-- Opening Marker --

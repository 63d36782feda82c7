// Why a text is refused.

ghost use Rattle.std.specs.Prelude.{◌≡◌};

use std::alloc::AllocError;
use std::fmt;

/// What is wrong with the text of a kernel.
#[derive(Clone, Copy, Debug, PartialEq, Eq)]
pub enum KernelKind {
    /// It has more than 268,435,456 bytes.
    TooLong,
    /// No token starts here.
    Lex,
    /// The grammar can't go on, or a number is out of its range.
    Syntax,
    /// A slot number reaches its size.
    Slot,
    /// A size, a name, a fraction, a table, a loop or the number of statements breaks its rule.
    Bound,
    /// Told by those who run kernels: the function is missing, or its sizes are others.
    Sizes,
    /// Memory ran out.
    Memory,
}

/// What is wrong, and in which line, from 1; line 0 where no line is to blame.
#[derive(Clone, Copy, Debug, PartialEq, Eq)]
pub struct KernelRefusal {
    pub kind: KernelKind,
    pub line: u32,
}

impl fmt::Display for KernelRefusal {
    fn fmt<W: fmt::Write>(&self, f: &mut fmt::Formatter<W>) -> fmt::Result {
        let what = match self.kind {
            KernelKind::TooLong => "the text is too long",
            KernelKind::Lex => "no token starts here",
            KernelKind::Syntax => "the grammar can't go on",
            KernelKind::Slot => "a slot number reaches its size",
            KernelKind::Bound => "a bound is broken",
            KernelKind::Sizes => "the function is missing or has other sizes",
            KernelKind::Memory => "memory ran out",
        };
        write!(f, "line {}: {}", self.line, what)
    }
}

/// Why reading stopped: for want of memory, or at a place of the text.
#[derive(Clone, Copy, Debug)]
pub enum ReadFault {
    Memory,
    Refused(KernelRefusal),
}

impl From<AllocError> for ReadFault {
    ghost use Rattle.c_text.specs.declared.refusal.ReadFault.TheVariants.{Memory};

    ghost from_gives = { λ _ e. e ≡ Memory };

    fn from(_error: AllocError) -> ReadFault {
        ReadFault::Memory
    }
}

-- Closing Marker --

#### What needs to be done
Using the records above, work out how many lines hold the string "token"; answer with that number alone.

#### Problem solution
2